Special Report – José Álvares

What better way to celebrate Macau Business’s 17th anniversary than to showcase 17 locals aged 35 and younger with the kind of talent that boosts our confidence in the future?

MB May 2021 Special Report | 17 talented young people


José Álvares was made partner at just 29 and has been a prominent lawyer among the younger generation. He has also become a current affairs commentator and has been sharing views on Macau and Hong Kong, while refusing to jump on the China-bashing bandwagon.

Of the several young Portuguese lawyers that have arrived in Macau in the past decade, one has stood out: José Álvares.

He got here by chance: after graduation, a six-month internship at a Macau-based law firm seemed like a sound opportunity to kickstart his career. Thereafter he was picked up by a veteran Portuguese lawyer in the region with whom he’d collaborated closely for five years. He then left to team up with a friend, engineer-turned-lawyer Barry Cheong, and CA Lawyers came into being, with Jose Álvares a founding partner at the age of 29. He credits being surrounded by a truly welcoming community – his clients are mostly local, among them friends and others who gave him a chance, accepting him with open arms into reputable organizations such as the Hong Kong General Chamber of Commerce and the Hong Kong Securities and Investment Institute. He resists the temptation to give further details – in this profession (as in others) discretion is key, a policy he takes especially seriously given his position as a council member on the Macau Lawyers Ethics Board (where he was recently re-elected to another two-year term).

Like the majority of lawyers in Macau, Mr Álvares is primarily a generalist. That being said, while previously he worked extensively in the financial sector, he is now more focused on civil litigation as well as on corporate and private wealth advice.

His story is a rare one in that, given the current environment, he created a new office in a traditional sector after just 5 years in a new city and before he’d turned 30 (he is now 32).

That’s not the only reason we put him on this list, however.

In recent years, José Álvares has also been providing political commentary in the media on several matters, including some more “sensitive” than others.

Last year, for example, when a number of non-Chinese commentators criticized Hong Kong’s national security bill, he remarked – while not touting it as the ideal way forward – that he believed the protesters’ radicalism had ultimately forced Beijing’s hand.

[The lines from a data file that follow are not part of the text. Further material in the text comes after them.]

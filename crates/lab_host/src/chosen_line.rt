// `ChosenLine`: a struct, the line of a script that `--line` names, with the steps next to it.

use crate::mistakes::Place;
use crate::printout::Printout;
use std::fmt;

/// The line of a script that a command line names. A step is a line that has an answer.
#[derive(Clone, Copy)]
pub struct ChosenLine {
    /// Its number; the first line has 1.
    pub number: u64,
    is_step: bool,
    /// The number of the last step before it.
    before: Option<u64>,
    /// The number of the first step after it.
    after: Option<u64>,
}

impl ChosenLine {
    /// Returns the line of the number that `--line` gives, if it does, before any step.
    pub fn named(number: Option<u64>) -> Option<ChosenLine> {
        Some(ChosenLine {
            number: number?,
            is_step: false,
            before: None,
            after: None,
        })
    }

    /// Takes note of a step. Steps come in the order of their lines.
    pub fn pass(&mut self, number: u64) {
        if number < self.number {
            self.before = Some(number);
        } else if number == self.number {
            self.is_step = true;
        } else if self.after.is_none() {
            self.after = Some(number);
        }
    }

    /// Whether the line is a step, or the first one after it is known.
    pub fn is_settled(&self) -> bool {
        self.is_step || self.after.is_some()
    }

    /// Tells that the line is no step, if that is so, and which steps are next to it; `lines` is how many lines were read.
    pub fn tell_missing(&self, out: &mut Printout, file: &str, lines: u64) {
        if self.is_step {
            return;
        }
        let place = Place {
            file,
            line: self.number,
        };
        let is_line = 0 < self.number && self.number <= lines;
        let what = if is_line {
            "this line is no step"
        } else {
            "there is no such line"
        };
        let near = Near(*self);
        out.tell(format_args!("{place}: {what}; {near}\n"))
    }
}

/// Where the steps next to a line are, in words.
#[derive(Clone, Copy)]
struct Near(ChosenLine);

impl fmt::Display for Near {
    fn fmt<W: fmt::Write>(&self, f: &mut fmt::Formatter<W>) -> fmt::Result {
        match (self.0.before, self.0.after) {
            (Some(before), Some(after)) => {
                write!(f, "the steps next to it are on lines {before} and {after}")
            }
            (Some(before), None) => write!(f, "the last step is on line {before}"),
            (None, Some(after)) => write!(f, "the first step is on line {after}"),
            (None, None) => write!(f, "the script has no step"),
        }
    }
}
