// `Space::read_run` and `Space::write_run`: a run of bytes within one settled page (one in memory) is read or stored, for
// the kernel copies copyin and copyout.

ghost use Rattle.std.specs.Prelude.{[], ◌≡◌, ◌+◌, ◌%◌, ◌≤◌, ℕ, drop, length, take};
ghost use Rattle.address_space.specs.Agreement.{body_of, IsSpace};
ghost use Rattle.address_space.specs.Kept.{KeepsPlace, OnlyReads};
ghost use Rattle.address_space.specs.Steps.{CanRead, CanWrite, TakesFrames};
ghost use Rattle.frame_store.specs.Laws.{IsSeatOf, KeepsSeats};
ghost use Rattle.frame_store.specs.View.{IsSole};
ghost use Rattle.process_model.specs.Process.{Page, Process};
ghost use Rattle.process_model.specs.Residence.{stored, with_page};
ghost use Rattle.sv39_entry.specs.Address.{page_of};
ghost use Rattle.table_walk.specs.Tables.{Tables};

use crate::space::Space;
use frame_bytes::{read_run, write_run};
use frame_store::{FrameAccess, FrameSeat};
use sv39_entry::Va;

impl<S: FrameSeat> Space<S> {
    /// Copies as many bytes as the slice has, from `va` on, into the slice. All must lie in one page, which is settled.
    /// Rights are not checked.
    pub fn read_run<F: FrameAccess<Seat = S>>(&mut self, store: &mut F, va: Va, bytes: &mut [u8])
        requires fits { IsSeatOf F.invariant store.old self.old.seat }
        requires ready { (t : Tables) × (p : Process) × (s : Page) × CanRead (body_of S.view self.old) t p (page_of va.0) s }
        requires inside { va.0 % 4096 + length bytes.old ≤ 4096 }
        ensures bytes { (t : Tables) (p : Process) (s : Page) → CanRead (body_of S.view self.old) t p (page_of va.0) s →
            bytes.new ≡ take (length bytes.new) (drop (va.0 % 4096) s.bytes) }
        ensures reads { OnlyReads S.view self.old self.new store.old store.new }
        ensures keeps { KeepsSeats F.invariant store.old self.old.seat store.new self.new.seat }
    {
        let frame = self.page_frame(store, va.page());
        read_run(store, &mut self.seat, frame, va.offset() as usize, bytes);
    }

    /// Stores these bytes from `va` on. All must lie in one page, which is settled, without copy-on-write mark, and in a region
    /// that grants writing. Sets no mark.
    pub fn write_run<F: FrameAccess<Seat = S>>(&mut self, store: &mut F, va: Va, bytes: &[u8])
        requires fits { IsSeatOf F.invariant store.old self.old.seat }
        requires ready { (t : Tables) × (p : Process) × (s : Page) × CanWrite (body_of S.view self.old) t p (page_of va.0) s }
        requires inside { va.0 % 4096 + length bytes.now ≤ 4096 }
        ensures agrees { (t : Tables) (p : Process) (s : Page) → CanWrite (body_of S.view self.old) t p (page_of va.0) s →
            IsSpace (body_of S.view self.new) t (with_page p (page_of va.0) (stored s (va.0 % 4096) bytes.now)) }
        ensures soles { (f : ℕ) → IsSole (S.view self.old.seat) f → IsSole (S.view self.new.seat) f }
        ensures place { KeepsPlace self.old self.new }
        ensures tallies { TakesFrames (S.view self.old.seat) (S.view self.new.seat) 0 [] }
        ensures keeps { KeepsSeats F.invariant store.old self.old.seat store.new self.new.seat }
        ensures free { F.alone → F.free store.new ≡ F.free store.old }
        ensures counts { F.alone → (f : ℕ) → F.count store.new f ≡ F.count store.old f }
    {
        let frame = self.page_frame(store, va.page());
        write_run(store, &mut self.seat, frame, va.offset() as usize, bytes);
    }
}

“I will not unreflectively jump on the China-bashing bandwagon – far from it,” he stresses. “I think there is a certain level of misunderstanding of China. I have a lot more to learn, but at least I’ve had a chance to have a glimpse of it on the ground”. José Álvares sees no reason to come here with a proclaimed superiority that could lead to unsettling a community that has crafted its own flourishing path. Moreover, he says, given time, one finds examples of healthy interaction and exchange: “with Deng Xiaoping, on the economic front there was a gradual opening to foreigners and a shift to a more market-based economy, which was typical of the West”.

In his free time, José is a sports addict, currently playing on local team Chiba in the 3rd Division of the Macau Football Association. He also engages in volunteering initiatives, currently taking part in Oxfam Hong Kong, whose main cause is poverty alleviation – a key, he says, to a sustainable future.